A first draft is not always a good one. When a draft fails validation, gmat-copilot can feed the failure back to the model and try again — a bounded repair loop that turns a failing draft into a runnable one without you in the loop.

It is opt-in. The default is a single pass (--repair 0 / repair=0); a positive budget enables the loop.

How it runs

Each round is generate → lint → (if lint-clean) dry-run:

  1. Generate a draft for the request.
  2. Lint it. If it does not lint clean, that is the failure.
  3. If it lints clean and the dry-run is enabled, run it in GMAT. If it does not load, run, or converge, that is the failure.
  4. On a failure, build a repair prompt — the original request, the failing draft, and the failing tier's diagnostics — and regenerate.

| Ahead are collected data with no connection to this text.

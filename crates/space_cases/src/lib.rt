//! The space, the pool and the marks of made containers. For tests alone.
#![tactic(auto)]

#[cfg(test)]
mod tests;
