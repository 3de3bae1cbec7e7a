// Space in made containers.

mod ledger;
mod pool;
mod settled;
mod space;
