ghost use Rattle.std.specs.Prelude.{◌≡◌, ◌==◌, ◌<◌, ◌≤◌, ◌+◌, ◌&&◌, option_copied, vec_capacity, vec_len, [], ◌∷◌, length, map, nat_le, reverse, All, true, false, IfOk, IfSome, IsOk, OnOk, OnErr, Some, is_some, option_and_then, option_map};
ghost use Rattle.win_num.specs.Clocks.{clock_limit};
ghost use Rattle.user_model.specs.Legal.{IsLegal};
ghost use Rattle.user_model.specs.Past.{is_full};
ghost use Rattle.user_model.specs.Places.{clock, cursor, has_ended};
ghost use Rattle.user_model.specs.Posts.{first_post, passes, posted, quit};
ghost use Rattle.user_model.specs.ReplyDelivery.{next_post_number};
ghost use Rattle.user_model.specs.ReplyWindows.{changes_told, child_told, next_window, next_top_reply};
ghost use Rattle.user_model.specs.Setups.{IsSetup, post_limit};
ghost use Rattle.user_model.specs.Threads.{is_running, is_thread};
ghost use Rattle.user_model.specs.Stacks.{has_room, top};
ghost use Rattle.user_model.specs.Sends.{SentMsg, answer, send, unfinished};
ghost use Rattle.user_model.specs.Next.{next_ready};
ghost use Rattle.user_model.specs.Counts.{send_count};
ghost use Rattle.user_model.specs.ReplySends.{blocks, deadline, next_send_number};
ghost use Rattle.send_state.specs.Standing.{as_told, row_of};
ghost use Rattle.user_model.specs.Stories.{send_story};
ghost use Rattle.core_state.specs.Frames.{IsOnTop, wait_end};
ghost use Rattle.core_state.specs.OnePlace.{takes_one_place};
ghost use Rattle.user_model.specs.Windows.{live, window, is_live, parent_in, thread_of, up};
ghost use Rattle.user_model.specs.Looks.{look, placed, style_of, is_disabled, is_shown};
ghost use Rattle.user_model.specs.Focus.{foreground, value_of};
ghost use Rattle.user_model.specs.Groups.{are_attached, is_in_group};
ghost use Rattle.group_state.specs.GroupTables.{named};
ghost use Rattle.user_model.specs.ZOrder.{titled};
ghost use Rattle.user_model.specs.Colours.{frame_of, snapped};
ghost use Rattle.user_model.specs.Dirty.{dirty_pixels, must_erase};
ghost use Rattle.user_model.specs.Painting.{is_painting, to_paint};
ghost use Rattle.user_model.specs.Pixels.{origin, owner, point, screen};
ghost use Rattle.user_model.specs.ReplyDrawing.{bounds_from};
ghost use Rattle.win_num.specs.declared.shapes.Point.{Point};
ghost use Rattle.win_num.specs.PixelSets.{box, has_pixel, kind_of};
ghost use Rattle.screen_state.specs.Owned.{told_has};
ghost use Rattle.user_model.specs.Refusals.{is_no_rect};
ghost use Rattle.window_state.specs.Placings.{box_of};
ghost use Rattle.user_model.specs.Destruction.{is_marked, was_given, ended};
ghost use Rattle.user_model.specs.Dialogs.{dialog};
ghost use Rattle.user_model.specs.ReplyDialogs.{owner_of};
ghost use Rattle.user_model.specs.Classes.{class, classes, registered_count, is_used, message_names, message_number, proc_of};
ghost use Rattle.user_model.specs.Idle.{reply, is_idle, ends_stuck, last_entry, least_of, times_of};
ghost use Rattle.user_model.specs.Timers.{due, due_time, passing_timers, timer, timers_of};
ghost use Rattle.timer_state.specs.TimerLists.{as_due};
ghost use Rattle.thread_state.specs.Reads.{reads};
ghost use Rattle.thread_state.specs.Threads.{code_of, fresh_thread, told_post, waiting_call};
ghost use Rattle.window_state.specs.Steps.{destruction_answer};

use self::posts::{adds_post, reads_posts};
use self::quiet::is_quiet;
use crate::change::{add_change, take_effect};
use crate::progress::Progress;
use crate::sendings::{note_look, settle_sends};
use band_region::Region;
use dialog_state::Dialogs;
use display_state::Display;
use group_state::{GroupState, Slot};
use input_queue::Inputs;
use look_state::{Looks, seen_by};
use pending_state::follow_inputs;
use post_queue::Steps;
use screen_state::UpdateBox;
use send_state::{SendRow, SendState, Tally, first_cause, named_send};
use std::alloc::{AllocError, Global};
use std::marker::Model;
use std::sync::ledger::Ledger;
use thread_queues::{Stamp, mark_look, note_entry};
use thread_state::ThreadState;
use timer_source::{Timer, Timers};
use timer_state::{due_timer, follow_timers, has_timer, next_due, timers_are_full};
use user_model::{Answer, Call, Dialog, Entry, HISTORY_LIMIT, SendCount, SendStory, Setup};
use win_class::Classes;
use win_num::{Cause, Filter, Frame, Hwnd, Msg, Point, SendId, Thread};
use win_order::Order;
use win_tree::Tree;
use window_state::{
    Placing, is_disabled, is_shown, owner_at, parent_of, placing_changes, step_told, style_of,
    thread_of, titled, up, window_or_none,
};

mod inputs;
mod posts;
mod quiet;
mod status;

/// The history so far, and parts that answer in short time what the definitions say of it.
#[derive(Drop)]
pub struct CoreState {
    setup: Setup,
    /// The entries, the oldest first.
    history: Vec<Entry>,
    tree: Tree,
    order: Order,
    /// The pixels of the screen that windows own and that are dirty, which windows are being painted, the colours
    /// and the frames.
    display: Display,
    classes: Classes,
    /// What is kept of each thread, from thread 1 on.
    threads: Vec<ThreadState>,
    timers: Timers,
    /// Attached threads, focus, active windows, captures and keys.
    groups: GroupState,
    /// The mouse and keyboard input that no thread has taken.
    inputs: Inputs,
    progress: Progress,
    sends: SendState,
    tally: Tally,
    /// What became of each send, from send 1 on.
    stories: Vec<SendStory>,
    /// What was there for each thread when it looked last.
    looks: Looks,
    /// The dialogs that stand on windows.
    dialogs: Dialogs,
}

impl Model for CoreState {
    ghost use Rattle.std.specs.Prelude.{◌-◌, reverse, vec_capacity, vec_len};
    ghost use Rattle.core_state.specs.States.{Seen, Stands, parts};

    ghost Value = { Seen };

    ghost view = { λ s. record { setup = s.setup; past = reverse s.history.items; spare = vec_capacity s.history - vec_len s.history } };

    ghost invariant = { λ s. Stands s.setup (reverse s.history.items) (parts s.tree s.order s.display s.classes s.threads.items s.timers s.groups s.inputs s.progress s.sends s.tally s.stories.items s.looks s.dialogs) };
}
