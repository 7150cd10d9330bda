// The result array that a caller lends: number, line and then the fields, as far as
// it reaches. One writer for every operation.

#![tactic(auto)]

ghost use Rattle.std.specs.Prelude.{◌≡◌, [], ◌∷◌, ◌^◌, ◌≤◌, ◌<◌, replicate, pos};
ghost use Rattle.definition.specs.Outcome.{over};
ghost use Rattle.results.specs.Fields.{max_fields, list_of, FieldsOf, More};
ghost use Rattle.results.specs.Refusals.{number_of, line_of, Writable, Refusable, ToRefuse};

// Why a call is refused. A number is the line at fault, counted from 1; the others are at no line.
#[derive(Clone, Copy)]
pub enum Refusal {
    Form(u32),
    Range(u32),
    Count(u32),
    Order(u32),
    Placement(u32),
    Store,
    Output,
    NoLegal,
    LoadCount,
    LoadOutput,
    ReasonsOutput,
}

// The first `count` values, in the order in which an operation names its fields. A count beside an array, since the
// library has no heap for a list that grows.
#[derive(Drop)]
pub struct Fields {
    pub count: usize,
    pub values: [i32; Fields::MAX],
}

impl Refusal {
    // What a refused call returns.
    pub fn number(self) -> u32
        ensures { result ≡ number_of self }
    {
        match self {
            Refusal::Form(_) => 1,
            Refusal::Range(_) => 2,
            Refusal::Count(_) => 3,
            Refusal::Order(_) => 4,
            Refusal::Placement(_) => 5,
            Refusal::Store => 6,
            Refusal::Output => 7,
            Refusal::NoLegal => 8,
            Refusal::LoadCount => 9,
            Refusal::LoadOutput => 10,
            Refusal::ReasonsOutput => 11,
        }
    }

    // The line at fault, or 0.
    pub fn line(self) -> u32
        ensures { result ≡ line_of self }
    {
        match self {
            Refusal::Form(line)
            | Refusal::Range(line)
            | Refusal::Count(line)
            | Refusal::Order(line)
            | Refusal::Placement(line) => line,
            Refusal::Store
            | Refusal::Output
            | Refusal::NoLegal
            | Refusal::LoadCount
            | Refusal::LoadOutput
            | Refusal::ReasonsOutput => 0,
        }
    }
}

impl Fields {
    pub const MAX: usize = 16;

    pub fn empty() -> Fields
        ensures { FieldsOf [] 0 result }
    {
        Fields::zeros(0)
    }

    // So many fields of 0.
    pub fn zeros(count: usize) -> Fields
        requires { count ≤ max_fields }
        ensures { FieldsOf (replicate count (pos 0)) count result }
    {
        Fields {
            count,
            values: [0i32; Fields::MAX],
        }
    }

    // One field more.
    pub fn push(self, value: i32) -> Fields
        requires { self.count < max_fields }
        ensures { More self (value ∷ []) result }
    {
        let at = self.count;
        let mut values = self.values;
        values[at] = value;
        Fields {
            count: at + 1,
            values,
        }
    }
}

pub fn put_results(results: &mut [i32], number: u32, line: u32, fields: Fields)
    requires { Writable number line fields }
    ensures { results.new ≡ over (pos number ∷ pos line ∷ list_of fields) results.old }
{
    let count = fields.count;
    let values = fields.values;
    let len = results.len();
    if len == 0 {
        return;
    }
    results[0] = number as i32;
    if len == 1 {
        return;
    }
    results[1] = line as i32;
    for i in 0..count {
        if len <= i + 2 {
            return;
        }
        results[i + 2] = values[i];
    }
}

// A refusal: its number and line, and so many fields of zero.
pub fn refuse(results: &mut [i32], number: u32, line: u32, count: usize)
    requires { Refusable number line count }
    ensures { results.new ≡ over (pos number ∷ pos line ∷ replicate count (pos 0)) results.old }
{
    put_results(results, number, line, Fields::zeros(count));
}

// The same of a kind of refusal. Its number, for the caller to return.
pub fn refuse_by(results: &mut [i32], refusal: Refusal, count: usize) -> u32
    requires { ToRefuse refusal count }
    ensures number { result ≡ number_of refusal }
    ensures array { results.new ≡ over (pos (number_of refusal) ∷ pos (line_of refusal)
        ∷ replicate count (pos 0)) results.old }
{
    let number = refusal.number();
    refuse(results, number, refusal.line(), count);
    number
}

// An answer of these fields.
pub fn answer(results: &mut [i32], fields: Fields)
    requires { fields.count ≤ max_fields }
    ensures { results.new ≡ over (pos 0 ∷ pos 0 ∷ list_of fields) results.old }
{
    put_results(results, 0, 0, fields);
}

// An answer of one number.
pub fn answer_one(results: &mut [i32], value: usize)
    requires { value < 2 ^ 31 }
    ensures { results.new ≡ over (pos 0 ∷ pos 0 ∷ pos value ∷ []) results.old }
{
    let fields = Fields::empty().push(value as i32);
    answer(results, fields);
}
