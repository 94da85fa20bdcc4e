// What is wrong with a text, by layers: a number fault inside a line fault inside a sequence fault.

// A byte of the text; lines and columns count from 1.
#[derive(Clone, Copy)]
pub struct Place {
    pub line: usize,
    pub column: usize,
}

// Layer 1: a number.
#[derive(Clone, Copy)]
pub enum NumberFault {
    // not spelt as numbers are
    Misspelt(Place),
    // outside its range
    OutOfRange(Place),
}

// Layer 2: a line.
#[derive(Clone, Copy)]
pub enum LineFault {
    Number(NumberFault),
    // no `=`, no newline or no key of 1 to 8 bytes, or the text ended where a line is due
    Malformed(Place),
    // a key that is not allowed here
    KeyNotAllowed(Place),
    // too few or too many fields
    FieldCount(Place),
    // an unknown word or label letter
    UnknownWord(Place),
}

// Layer 3: the sequence.
#[derive(Clone, Copy)]
pub enum SequenceFault {
    Line(LineFault),
    // the text has more than 40,960 bytes
    TextTooLong,
    // one line of a kind too many
    TooManyLines(Place),
    // nothing has that number
    NothingThere(Place),
    // an edge between two automata, or location lines out of order
    WrongAutomaton(Place),
    // not the number of edges
    WrongEdgeCount(Place),
}

// A fault as numbers, as each refusal has them in print and for a host: its cause and layer, and its line and column, 0 and
// 0 where no place is to blame.
#[derive(Clone, Copy, PartialEq, Eq, Debug)]
pub struct Report {
    pub cause: u8,
    pub layer: u8,
    pub line: usize,
    pub column: usize,
}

Feedback is lint-first: lint is precise and free, so a lint failure is fixed before the costlier dry-run is attempted; the dry-run's one-line is the backstop for the lint-clean-but-unrunnable drafts the loop exists for. The repair budget is the same whether or not the dry-run is enabled — with the dry-run off, the loop still repairs lint failures, and needs no [gmat] extra to do so.

Stop conditions

The loop stops at the first of:

Stop reason Meaning
clean a draft passed — it lints clean and (if enabled) passes the dry-run
budget the retry budget N was spent without a passing draft
no-progress a regenerated draft was byte-identical to the one before it
oscillation a regenerated draft repeated one seen earlier in the loop

no-progress and oscillation catch a model that has stopped improving, so the loop spends a retry only when the draft actually changed.

Choosing a budget

A small budget does the work. In practice one repair fixes most initial misses, a second covers prompt-to-prompt variance, and beyond that no-progress and persistent failure dominate — a larger budget only spends tokens. Start at 1 or 2.

In code

from gmat_copilot import draft

result = draft(
    "a Hohmann transfer to GEO; report the semi-major axis before and after",
    model="anthropic:claude-...",
    repair=2,        # up to two repair retries
    dry_run=True,    # validate each clean draft in GMAT (needs the [gmat] extra)
)

print(result.lint.clean)        # the winning draft's lint state
print(result.dry_run)           # its dry-run report, or None if the dry-run was off

Every attempt is recorded in the provenance trace, so you can see what the loop did and why it stopped:

trace = result.provenance.repair
print(trace.stop_reason)                 # clean / budget / no-progress / oscillation
for attempt in trace.attempts:
    print(attempt.passed, attempt.feedback_tier)   # e.g. False "lint", then True None

Strict and permissive

The loop runs the same in both modes; only the terminal handling differs. After the budget is spent, strict raises DraftRejected when the final draft still has blocking diagnostics (the rejected result is attached for inspection); permissive returns the best final draft with every diagnostic — lint and dry-run — attached.

From the CLI

gmat-copilot "a Hohmann transfer to GEO" --model anthropic:claude-... \
    --dry-run --repair 2 --provenance
# lint: clean; dry-run: ok; retries: 1 -> wrote mission.script (+ mission.script.copilot.json)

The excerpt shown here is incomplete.